Exercise details » Reproduce each record exactly, leaving out no line.

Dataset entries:
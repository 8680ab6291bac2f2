// Makes the calls of a recording (standard input) on the public functions of `panel`, and prints one line for each: 01's number, its values, the record, and a
// hash of the lent memory. A record of the recording is a letter and little-endian numbers of four bytes, then bytes (`taking`); lent lists hold 7 and lent
// output A5. A record is read whole before its call is made: a call gets the record's memory and, of the memory that is lent, only what it needs
// (`app_records`). The calls and their lines are in `app_calls` and `app_answers`; here is the loop.
#![tactic(auto)]

mod collector;
mod records;

use crate::collector::Store;
use crate::records::Desk;
use app_calls::calls::Lengths;
use app_recording::read::Input;
use app_records::taking::{Kind, Record, Stored};

// A stream through the collector, on a picture of 16-bit words: recordings have no other.
fn given(d: Desk, r: Record, m: &[u8], store: &mut [u8], picture: &mut [u16]) -> Desk {
    if d.wide {
        return crate::records::bad(d);
    }
    let e = app_calls::given::fresh(d.s, d.c);
    match crate::collector::give(e, r, m, store, d.lent, picture, d.picture) {
        Some(p) => crate::records::with_records(d, p.s, p.c),
        None => crate::records::bad(d),
    }
}

// One record for the collector, but for a stream.
fn collected(kind: Stored, d: Desk, r: Record, m: &[u8], store: &mut [u8]) -> Desk {
    let k = Store {
        c: d.c,
        lent: d.lent,
        filled: d.filled,
    };
    crate::records::with_store(d, crate::collector::stored(kind, k, r, m, store))
}

// A frame call on the picture that is lent.
fn framed_on(d: Desk, bytes: &[u8], n: Lengths, picture: &mut [u16], wide: &mut [u32]) -> bool {
    app_records::frames::frame(d.s, bytes, n, d.picture, d.wide, picture, wide)
}

// One record.
fn make(
    d: Desk,
    r: Record,
    m: &[u8],
    out: &mut [u8],
    store: &mut [u8],
    picture: &mut [u16],
    wide: &mut [u32],
) -> Desk {
    let last = app_text::loading::first(out, d.written);
    let n = app_records::frames::lengths(m);
    match r.kind {
        Kind::Told(kind) => {
            crate::records::after_told(d, app_records::told::told(kind, r, m, last))
        }
        Kind::Wrote(kind) => {
            crate::records::with_written(d, app_records::wrote::wrote(kind, r, m, out))
        }
        Kind::Known(kind) => {
            crate::records::with_session(d, app_records::known::known(kind, d.s, r, m, last))
        }
        Kind::Stored(kind) => collected(kind, d, r, m, store),
        Kind::Given => given(d, r, m, store, picture),
        Kind::Picture => {
            let words = app_records::frames::set_picture(m, picture, wide);
            crate::records::with_picture(d, words, app_records::frames::is_wide(m))
        }
        Kind::Frame => {
            let bytes = app_records::taking::one(m, r);
            crate::records::after_told(d, framed_on(d, bytes, n, picture, wide))
        }
        Kind::FrameBack => crate::records::after_told(d, framed_on(d, last, n, picture, wide)),
        Kind::Fresh => crate::records::fresh(),
    }
}

// A proved loop ends, and nothing says that an input does: the turns are counted up to a number that no run comes to.
fn run(
    input: &mut Input,
    message: &mut [u8],
    out: &mut [u8],
    store: &mut [u8],
    picture: &mut [u16],
    wide: &mut [u32],
) {
    let mut d = crate::records::fresh();
    for _ in 0..u64::MAX {
        match app_records::taking::take(input, message) {
            Ok(Some(r)) => d = make(d, r, message, out, store, picture, wide),
            Ok(None) => return,
            Err(_) => d = crate::records::bad(d),
        }
        if !d.go {
            return;
        }
    }
}

// The large ones come as arrays: their lengths are known without counting to a million.
fn run_in(
    input: &mut Input,
    message: &mut [u8; 1114112],
    out: &mut [u8; 1048576],
    store: &mut [u8; 1048576],
    picture: &mut [u16; 1048576],
    wide: &mut [u32; 131072],
) {
    run(input, message, out, store, picture, wide);
}

fn main(rt: HostRuntime) {
    let mut lent = [0u8; 65536];
    let mut message = [0u8; 1114112];
    let mut out = [0u8; 1048576];
    let mut store = [0u8; 1048576];
    let mut picture = [0u16; 1048576];
    let mut wide = [0u32; 131072];
    run_in(
        &mut Input::new(rt.stdin(), &mut lent),
        &mut message,
        &mut out,
        &mut store,
        &mut picture,
        &mut wide,
    );
}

Reply »
repository 8680ab6291bac2f2
// Makes the calls of a recording (standard input) on the public functions of `panel`, and prints one line for each: 01's number, its values, the record, and a
// hash of the lent memory. A record of the recording is a letter and little-endian numbers of four bytes, then bytes (`taking`); lent lists hold 7 and lent
// output A5. A record is read whole before its call is made: a call gets the record's memory and, of the memory that is lent, only what it needs
// (`app_records`). The calls and their lines are in `app_calls` and `app_answers`; here is the loop.
#![tactic(auto)]

mod collector;
mod records;

use crate::collector::Store;
use crate::records::Desk;
use app_calls::calls::Lengths;
use app_recording::read::Input;
use app_records::taking::{Kind, Record, Stored};

// A stream through the collector, on a picture of 16-bit words: recordings have no other.
fn given(d: Desk, r: Record, m: &[u8], store: &mut [u8], picture: &mut [u16]) -> Desk {
    if d.wide {
        return crate::records::bad(d);
    }
    let e = app_calls::given::fresh(d.s, d.c);
    match crate::collector::give(e, r, m, store, d.lent, picture, d.picture) {
        Some(p) => crate::records::with_records(d, p.s, p.c),
        None => crate::records::bad(d),
    }
}

// One record for the collector, but for a stream.
fn collected(kind: Stored, d: Desk, r: Record, m: &[u8], store: &mut [u8]) -> Desk {
    let k = Store {
        c: d.c,
        lent: d.lent,
        filled: d.filled,
    };
    crate::records::with_store(d, crate::collector::stored(kind, k, r, m, store))
}

// A frame call on the picture that is lent.
fn framed_on(d: Desk, bytes: &[u8], n: Lengths, picture: &mut [u16], wide: &mut [u32]) -> bool {
    app_records::frames::frame(d.s, bytes, n, d.picture, d.wide, picture, wide)
}

// One record.
fn make(
    d: Desk,
    r: Record,
    m: &[u8],
    out: &mut [u8],
    store: &mut [u8],
    picture: &mut [u16],
    wide: &mut [u32],
) -> Desk {
    let last = app_text::loading::first(out, d.written);
    let n = app_records::frames::lengths(m);
    match r.kind {
        Kind::Told(kind) => {
            crate::records::after_told(d, app_records::told::told(kind, r, m, last))
        }
        Kind::Wrote(kind) => {
            crate::records::with_written(d, app_records::wrote::wrote(kind, r, m, out))
        }
        Kind::Known(kind) => {
            crate::records::with_session(d, app_records::known::known(kind, d.s, r, m, last))
        }
        Kind::Stored(kind) => collected(kind, d, r, m, store),
        Kind::Given => given(d, r, m, store, picture),
        Kind::Picture => {
            let words = app_records::frames::set_picture(m, picture, wide);
            crate::records::with_picture(d, words, app_records::frames::is_wide(m))
        }
        Kind::Frame => {
            let bytes = app_records::taking::one(m, r);
            crate::records::after_told(d, framed_on(d, bytes, n, picture, wide))
        }
        Kind::FrameBack => crate::records::after_told(d, framed_on(d, last, n, picture, wide)),
        Kind::Fresh => crate::records::fresh(),
    }
}

// A proved loop ends, and nothing says that an input does: the turns are counted up to a number that no run comes to.
fn run(
    input: &mut Input,
    message: &mut [u8],
    out: &mut [u8],
    store: &mut [u8],
    picture: &mut [u16],
    wide: &mut [u32],
) {
    let mut d = crate::records::fresh();
    for _ in 0..u64::MAX {
        match app_records::taking::take(input, message) {
            Ok(Some(r)) => d = make(d, r, message, out, store, picture, wide),
            Ok(None) => return,
            Err(_) => d = crate::records::bad(d),
        }
        if !d.go {
            return;
        }
    }
}

// The large ones come as arrays: their lengths are known without counting to a million.
fn run_in(
    input: &mut Input,
    message: &mut [u8; 1114112],
    out: &mut [u8; 1048576],
    store: &mut [u8; 1048576],
    picture: &mut [u16; 1048576],
    wide: &mut [u32; 131072],
) {
    run(input, message, out, store, picture, wide);
}

fn main(rt: HostRuntime) {
    let mut lent = [0u8; 65536];
    let mut message = [0u8; 1114112];
    let mut out = [0u8; 1048576];
    let mut store = [0u8; 1048576];
    let mut picture = [0u16; 1048576];
    let mut wide = [0u32; 131072];
    run_in(
        &mut Input::new(rt.stdin(), &mut lent),
        &mut message,
        &mut out,
        &mut store,
        &mut picture,
        &mut wide,
    );
}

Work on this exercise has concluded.